Foto: Tokoh adat Kabupaten Jayapura saat menyampaikan pernyataan sikap, Sentani, Kamis (12/3/2026) malam.(ARS)
SENTANI, Klikjo.id – Sejumlah tokoh adat Kabupaten Jayapura mengingatkan bahwa, jabatan Ketua DPRK sebagai proses demokrasi sesuai UU dan tata tertib.
Perwakilan Dewan Adat Suku (DAS) Sentani, menyatakan sikap dan menggelar konferensi pers pada Kamis (12/3/2026) malam.
Tentu saja, ini sangat perlu untuk menepis isu terkait polemik pergantian Ketua DPRK Jayapura Ruddy Bukanaung SE.
Menurut Yo’ Ondofolo Kampung Babrongko yang juga Wakil Ketua Dewan Adat Suku Sentani (DASS), Ramses Wally, bahwa Ketua DPRK Jayapura sudah melalui mekanisme.
“Semua sudah sesuai aturan perundang-undangan dan Tata Tertib DPRK, dan tidak ada alasan untuk pergantian pimpinan,” ujarnya.
Dia menilai, polemik pergantian ini, hanya membuat gaduh sistem yang sudah berjalan baik.
Apalagi, mekanisme pergantian pimpinan DPRK tidak boleh atas dasar kepentingan pribadi, apalagi hanya sepihak.
Sebaiknya, sebagai warga negara yang baik, harus taat aturan dan menghormati proses demokrasi melalui Pemilu dan Tatib DPRK.

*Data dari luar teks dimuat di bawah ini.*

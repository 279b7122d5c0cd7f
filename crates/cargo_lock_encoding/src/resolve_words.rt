//! The packages of the words of a lockfile, with each reference resolved as it is read, so that no
//! references are kept.

ghost use Rattle.std.specs.Prelude.{◌≡◌, ◌≢◌, [], Some, IfOk, IfSome, IsOkUnless, map, option_copied};
ghost use Rattle.cargo_lock_lines.specs.TableOfWords.{words_table};
ghost use Rattle.cargo_lock_parts.specs.declared.error.Error.TheVariants.{Memory};
ghost use Rattle.cargo_lock_parts.specs.Identity.{identity_of};
ghost use Rattle.cargo_lock_references.specs.declared.version.ResolveVersion.TheVariants.{V1};
ghost use Rattle.cargo_lock_references.specs.Format.{format_by};
ghost use Rattle.cargo_lock_parts.specs.Optional.{map_all, map_some};
ghost use Rattle.cargo_lock_references.specs.Records.{texts_of};
ghost use Rattle.std.specs.FinMap.{empty};
ghost use Rattle.cargo_lock_encoding.specs.Meaning.{meaning};
ghost use Rattle.cargo_lock_encoding.specs.TableReading.{put_all};
ghost use Rattle.cargo_lock_encoding.specs.ResolvedWords.{bare_package, each_with, meant_by};
ghost use Rattle.cargo_lock_encoding.specs.ResolvedWords.{resolved_packages, resolved_word};
ghost use Rattle.cargo_lock_encoding.specs.ResolvedWords.{resolved_words};

use crate::read_table::reference_of;
use crate::read_words::{checksum_from, identity_from, metadata_from, patch_from};
use cargo_lock_lines::words::{LockfileWords, PackageWords};
use cargo_lock_parts::dependency::Dependency;
use cargo_lock_parts::error::{Error, Result};
use cargo_lock_parts::package::Package;
use cargo_lock_parts::patch::Patch;
use cargo_lock_references::ResolveVersion;
use cargo_lock_references::index::Indexed;
use cargo_lock_references::metadata::Metadata;
use cargo_lock_references::read_sources::ReadSources;
use cargo_lock_references::resolution::into_dependency;
use cargo_lock_references::version::format_of_values;
use std::alloc::Global;
use std::marker::Model;

/// What the words of a lockfile mean: the parts of the lockfile, which has no root.
#[derive(Debug, Drop)]
pub struct ResolvedWords {
    /// The format.
    pub version: ResolveVersion,

    /// The packages, with each reference resolved.
    pub packages: Vec<Package>,

    /// The metadata.
    pub metadata: Metadata,

    /// The patches that no package uses.
    pub patch: Patch,
}

impl Model for ResolvedWords {
    ghost use Rattle.std.specs.Prelude.{None};
    ghost use Rattle.std.specs.Coded.{codes};
    ghost use Rattle.cargo_lock_references.specs.Records.{texts_code, texts_of};
    ghost use Rattle.cargo_lock_encoding.specs.Lockfiles.{LockfileData};

    ghost Value = { LockfileData };

    ghost coded = { Prim.hlevel (codes, texts_code) };

    ghost view = { λ r. record {
      version = r.version;
      packages = r.packages.items;
      root = None;
      metadata = texts_of r.metadata.entries;
      patch = r.patch;
    } };
}

/// What the words of a lockfile mean, if that is found without the values of its table. `None` says
/// nothing of the words: it comes for words that mean no lockfile, in V1, and without a number where
/// there is metadata.
///
/// # Errors
///
/// `Memory` alone.
pub fn resolved_words(alloc: Global, words: &LockfileWords<'_>) -> Result<Option<ResolvedWords>>
    ensures found { IfOk result
        (λ found. IfSome found (λ l. meaning (words_table words.now) ≡ Some l)) }
    ensures err { IsOkUnless result Memory }
{
    match found_in(alloc, words) {
        Ok(found) => Ok(found),
        Err(Error::Memory) => Err(Error::Memory),
        Err(_) => Ok(None),
    }
}

// What the words mean. Any error but `Memory` says nothing of them, as `None` does. Words without a
// number that have metadata are mostly those of V1, whose metadata is then read once.
fn found_in(alloc: Global, words: &LockfileWords<'_>) -> Result<Option<ResolvedWords>>
    ensures { IfOk result (λ found. IfSome found (λ l. meant_by words.now ≡ Some l)) }
{
    if words.number.is_none() && !words.metadata.is_empty() {
        return Ok(None);
    }
    let metadata = metadata_from(alloc, words.metadata.as_slice())?;
    match format_of_values(alloc, words.number, &[], &metadata)? {
        ResolveVersion::V1 => Ok(None),
        version => Ok(Some(found_with(alloc, words, version, metadata)?)),
    }
}

// What the words mean in this format, which is not V1, with their metadata.
fn found_with(
    alloc: Global,
    words: &LockfileWords<'_>,
    version: ResolveVersion,
    metadata: Metadata,
) -> Result<ResolvedWords>
    ensures { version ≢ V1
        → texts_of metadata.entries ≡ put_all empty words.now.metadata
        → format_by words.now.number [] (texts_of metadata.entries) ≡ Some version
        → IfOk result (λ found. meant_by words.now ≡ Some found) }
{
    let packages = resolved_packages(alloc, words.packages.as_slice())?;
    let patch = patch_from(alloc, words.patches.as_slice())?;
    Ok(ResolvedWords {
        version,
        packages,
        metadata,
        patch,
    })
}

#[tactic(auto, unfolding(crate::specs::ResolvedWords::resolved_packages))]
fn resolved_packages(alloc: Global, words: &[PackageWords<'_>]) -> Result<Vec<Package>>
    ensures { IfOk result (λ v. resolved_packages words.now ≡ Some v.items) }
{
    let mut sources = ReadSources::new(alloc);
    let mut packages = bare_packages(alloc, &mut sources, words)?;
    let lists = lists_among(alloc, &mut sources, words, packages.as_slice())?;
    put_dependencies(&mut packages, lists);
    Ok(packages)
}

// ---- packages without their dependencies

fn bare_packages(
    alloc: Global,
    sources: &mut ReadSources,
    words: &[PackageWords<'_>],
) -> Result<Vec<Package>>
    ensures { IfOk result (λ v. map_all bare_package words.now ≡ Some v.items) }
{
    let mut packages = Vec::with_capacity(alloc, words.len())?;
    for package in words {
        let bare = bare_package(alloc, sources, package)?;
        packages.push(bare)?;
    }
    Ok(packages)
}

#[tactic(auto, unfolding(crate::specs::ResolvedWords::bare_package))]
fn bare_package(
    alloc: Global,
    sources: &mut ReadSources,
    words: &PackageWords<'_>,
) -> Result<Package>
    ensures { IfOk result (λ p. bare_package words.now ≡ Some p) }
{
    let Dependency {
        name,
        version,
        source,
    } = identity_from(alloc, sources, &words.identity)?;
    let checksum = checksum_from(alloc, words.checksum)?;
    let replace = replacement(alloc, sources, words.replace)?;
    Ok(Package {
        name,
        version,
        source,
        checksum,
        dependencies: Vec::new(alloc),
        replace,
    })
}

// What the word of a replacement resolves to, which is in full.
fn replacement(
    alloc: Global,
    sources: &mut ReadSources,
    word: Option<&str>,
) -> Result<Option<Dependency>>
    ensures { IfOk result (λ o. map_some (resolved_word []) (option_copied word.entry) ≡ Some o) }
{
    match word {
        Some(word) => Ok(Some(resolved_word(alloc, sources, word, &Indexed::empty(alloc))?)),
        None => Ok(None),
    }
}

// ---- dependencies

// What the words of each package's dependencies resolve to among these packages.
fn lists_among(
    alloc: Global,
    sources: &mut ReadSources,
    words: &[PackageWords<'_>],
    packages: &[Package],
) -> Result<Vec<Vec<Dependency>>>
    ensures { IfOk result (λ v. map_all (resolved_words (map identity_of packages.now)) words.now
        ≡ Some (map (λ list. list.items) v.items)) }
{
    let list = Indexed::of(alloc, packages)?;
    each_list(alloc, sources, words, &list)
}

fn each_list(
    alloc: Global,
    sources: &mut ReadSources,
    words: &[PackageWords<'_>],
    list: &Indexed<'_, Package>,
) -> Result<Vec<Vec<Dependency>>>
    ensures { IfOk result (λ v. map_all (resolved_words (map identity_of list.now)) words.now
        ≡ Some (map (λ list. list.items) v.items)) }
{
    let mut lists = Vec::with_capacity(alloc, words.len())?;
    for package in words {
        let found = resolved_list(alloc, sources, package.dependencies.as_slice(), list)?;
        lists.push(found)?;
    }
    Ok(lists)
}

fn resolved_list(
    alloc: Global,
    sources: &mut ReadSources,
    words: &[&str],
    list: &Indexed<'_, Package>,
) -> Result<Vec<Dependency>>
    ensures { IfOk result (λ v. map_all (resolved_word (map identity_of list.now))
        (map (λ w. w.now) words.now) ≡ Some v.items) }
{
    let mut dependencies = Vec::with_capacity(alloc, words.len())?;
    for word in words {
        let dependency = resolved_word(alloc, sources, word, list)?;
        dependencies.push(dependency)?;
    }
    Ok(dependencies)
}

#[tactic(auto, unfolding(crate::specs::ResolvedWords::resolved_word))]
fn resolved_word(
    alloc: Global,
    sources: &mut ReadSources,
    word: &str,
    list: &Indexed<'_, Package>,
) -> Result<Dependency>
    ensures { IfOk result (λ d. resolved_word (map identity_of list.now) word.now ≡ Some d) }
{
    let reference = reference_of(alloc, sources, word)?;
    match into_dependency(reference, list)? {
        Some(found) => Ok(found),
        None => Err(Error::Parse(String::new(alloc))),
    }
}

// Puts each list of dependencies into its package.
fn put_dependencies(packages: &mut [Package], lists: Vec<Vec<Dependency>>)
    ensures { packages.new ≡ each_with (map (λ list. list.items) lists.items) packages.old }
{
    let mut lists = lists.into_iter();
    for package in packages.iter_mut() {
        if let Some(list) = lists.next() {
            package.dependencies = list;
        }
    }
}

“Semua sesuai aturan, jadi untuk pergantian ketua DPRK Jayapura, juga harus sesuai mekanisme,” ujar Ramses.
Ia menila, usulan pergantian yang tidak melalui mekanisme resmi berpotensi membuat gaduh dan menimbulkan polemik di tengah masyarakat.
Jaga Stabilitas Pemerintahan
Sementara itu, Sekretaris DAS Demutru Bernardus Iwong, mengatakan polemik pergantian pimpinan DPRK Jayapura memicu keresahan masyarakat adat.
Karena itu, ia meminta semua pihak menghormati proses demokrasi serta menjaga stabilitas pemerintahan daerah.
“Pembangunan di Kabupaten Jayapura sedang berjalan baik, harusnya tidak ada polemik yang mengganggu stabilitas daerah,” ujarnya.
Yang jelas, masyarakat adat sangat berharap pimpinan DPRK berjalan normal saja, sesuai masa jabatan dan aturan main.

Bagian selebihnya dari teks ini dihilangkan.